No system or community is perfect. Some points I don't like with FreeBSD.

  • Security needs more attention. The World is not full of security engineers, systems need to provide only secure defaults to make life easier. ASLR and other commonly used prevention systems are not implemented by default. The argument that some of them can be bypathed very easy nowadays is not good, if you don't join the race you already have lost it. No excuses. If you need ASRL and some more security features, check out HardenedBSD. It is still very close to FreeBSD plus some interessting security patches and some more tools. In my opinion it would be better to import such changes back to FreeBSD faster or come up with a working alternative rather than not have such a security layer.
  • Performance. Each release should perform better than the last one. The boot time of FreeBSD really needs improvement. On server hardware the time your OS boots may not be as important. But most systems today not boot on hardware and time matters. No excuses.
  • Slow development. For example, the FreeBSD has things like ZFS but the ZFS on Linux project is improving faster and adds features their own way. Allan Jude and the OpenZFS guys are addressing this at the moment to have one codebase with all features for all the supported platforms again. An other example is the PF firewall. FreeBSD imported an old version of PF from OpenBSD but never could keep up with the development and now maintains an older syntax than OpenBSD has today.
  • Hardware Support for latest servers and platforms was slow in the past. For Example the UEFI support took quite a while to become stable.

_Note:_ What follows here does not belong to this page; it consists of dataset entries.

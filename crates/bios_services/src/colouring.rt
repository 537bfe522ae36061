//! The colour in which a character is written.

/// The colour in which a character is written.
#[derive(Clone, Copy)]
pub struct Colouring {
    /// The colour of its pixels in graphics, or the attribute in text.
    pub colour: u8,
    /// Whether the colour becomes the attribute of a cell of text. Else the cell keeps its own.
    pub is_attribute: bool,
}
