//! Typing characters one after another, while the cursor advances.
ghost use Rattle.std.specs.Prelude.{◌≡◌, ◌<◌, ◌≤◌, ◌+◌, ◌*◌};
ghost use Rattle.bios_services.specs.Plan.{run};
ghost use Rattle.bios_services.specs.Bounds.{IsModeSet, StaysInMode, page_count};
ghost use Rattle.bios_services.specs.Cursor.{row_of_position, cursor_position_of};
ghost use Rattle.bios_services.specs.Page.{IsPage};
ghost use Rattle.bios_services.specs.Teletype.{line_feed_fill as line_feed_fill_plan};
ghost use Rattle.bios_services.specs.Teletype.{line_feed_plan, next_position_plan};
ghost use Rattle.bios_services.specs.Teletype.{type_character_plan, teletype_plan};

use crate::cells::cell_address;
use crate::colouring::Colouring;
use crate::cursor::{cell_number_at, move_cursor};
use crate::cycles::get;
use crate::direction::Direction;
use crate::drawing::write_character;
use crate::page::Page;
use crate::scroll::Window;
use crate::shift::RowShift;
use bios_modes::{Bda, Fonts, is_text};
use vga_card::Bus;

/// The control character that does nothing.
const BELL: u8 = 0x07;

/// The control character that goes one column back.
const BACKSPACE: u8 = 0x08;

/// The control character that goes one row down.
const LINE_FEED: u8 = 0x0A;

/// The control character that goes to the first column.
const CARRIAGE_RETURN: u8 = 0x0D;

/// The value that a new row is filled with: an attribute in text, and colour 0 in graphics.
#[tactic(auto, using(crate::proofs::PlanRuns::run_bind), unfolding(crate::specs::Teletype::line_feed_fill))]
fn line_feed_fill<B: Bus>(bus: &mut B, bda: &Bda, page: u8, position: u16) -> u8
    requires data { IsModeSet bda.now }
    requires page { page < page_count bda.now }
    ensures { (bus.new, result) ≡ run B.meaning (line_feed_fill_plan bda.now page position)
        bus.old }
{
    if !is_text(bda.mode()) {
        return 0;
    }
    let cell = bda.columns() as u32 * bda.last_row() as u32 + (position % 256) as u32;
    get(bus, cell_address(bda, page, cell) + 1)
}

/// The position one row below. On the last row it stays, and the page goes up by a row.
#[tactic(auto, using(crate::proofs::PlanRuns::run_bind), unfolding(crate::specs::Teletype::line_feed_plan))]
fn position_after_line_feed<B: Bus>(bus: &mut B, bda: &Bda, page: u8, position: u16) -> u16
    requires data { IsModeSet bda.now }
    requires page { page < page_count bda.now }
    requires row { row_of_position position ≤ bda.now.last_row }
    ensures position { (bus.new, result) ≡ run B.meaning (line_feed_plan bda.now page position)
        bus.old }
    ensures row { row_of_position result ≤ bda.now.last_row }
{
    if position / 256 < bda.last_row() as u16 {
        return position + 256;
    }
    let shift = RowShift {
        direction: Direction::Up,
        rows: 1,
        colour: line_feed_fill(bus, bda, page, position),
    };
    Window::whole_page(bda).scroll(bus, bda, page, shift);
    position
}

/// The position after one: the next column, or the first column of the row below.
#[tactic(auto, using(crate::proofs::PlanRuns::run_bind), unfolding(crate::specs::Teletype::next_position_plan))]
fn next_position<B: Bus>(bus: &mut B, bda: &Bda, page: u8, position: u16) -> u16
    requires data { IsModeSet bda.now }
    requires page { page < page_count bda.now }
    requires row { row_of_position position ≤ bda.now.last_row }
    ensures position { (bus.new, result) ≡ run B.meaning (next_position_plan bda.now page position)
        bus.old }
    ensures row { row_of_position result ≤ bda.now.last_row }
{
    if position % 256 + 1 < bda.columns() {
        return position + 1;
    }
    let below = position_after_line_feed(bus, bda, page, position);
    below / 256 * 256
}

/// Types a character at a position, and answers the position afterwards.
#[tactic(auto, using(crate::proofs::PlanRuns::run_bind), unfolding(crate::specs::Teletype::type_character_plan, crate::specs::Teletype::write_and_advance_plan))]
pub(crate) fn type_character<B: Bus>(
    bus: &mut B,
    page: &Page<'_>,
    position: u16,
    character: u8,
    colouring: Colouring,
) -> u16
    requires page { IsPage page.now }
    requires row { row_of_position position ≤ page.now.bda.last_row }
    ensures position { (bus.new, result) ≡ run B.meaning (type_character_plan page.now.fonts page.now.bda
        page.now.number position character colouring) bus.old }
    ensures row { row_of_position result ≤ page.now.bda.last_row }
{
    match character {
        BELL => position,
        BACKSPACE => {
            if position % 256 == 0 {
                position
            } else {
                position - 1
            }
        }
        LINE_FEED => position_after_line_feed(bus, page.bda(), page.number(), position),
        CARRIAGE_RETURN => position / 256 * 256,
        _ => {
            let q = cell_number_at(page.bda(), position);
            write_character(bus, page, q, character, colouring);
            next_position(bus, page.bda(), page.number(), position)
        }
    }
}

/// 0E: types a character at the cursor of the active page, and moves the cursor.
#[tactic(auto, using(crate::proofs::PlanRuns::run_bind), unfolding(crate::specs::Teletype::teletype_plan))]
pub(crate) fn teletype<B: Bus>(bus: &mut B, fonts: &Fonts, bda: &mut Bda, character: u8, colour: u8)
    requires data { IsModeSet bda.old }
    requires row { row_of_position (cursor_position_of bda.old bda.old.page) ≤ bda.old.last_row }
    ensures answer { (bus.new, bda.new) ≡ run B.meaning
        (teletype_plan fonts.now bda.old character colour) bus.old }
    ensures stays { StaysInMode bda.old bda.new }
{
    if character == BELL {
        return;
    }
    let page = bda.page();
    let position = bda.cursor_place(page as usize);
    let colouring = Colouring {
        colour,
        is_attribute: false,
    };
    let written = Page::new(fonts, bda, page);
    let after = type_character(bus, &written, position, character, colouring);
    move_cursor(bus, bda, page, after);
}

What FreeBSD makes a very nice OS

  • The community seems to work and is mostly healthy, friendly and growing.
  • Problems like slow development are addressed as the founding of the FreeBSD Foundation is becoming bigger. FreeBSD 12 got performance tuning and reducing the number of sys-calls done by default. It looks like some big vendors start funding the heavy lifting work to make FreeBSD more modern and keep it stable.
  • Documentation, documentation and documentation. It's there, it's good and it's updated frequently.
  • Kernel and user-land come together. It makes life easier to keep up with changes.
  • ZFS, best filesystem around.
  • Jails
  • You can upgrade ;-) I have systems that have been upgraded since 10 years from version to version and it worked.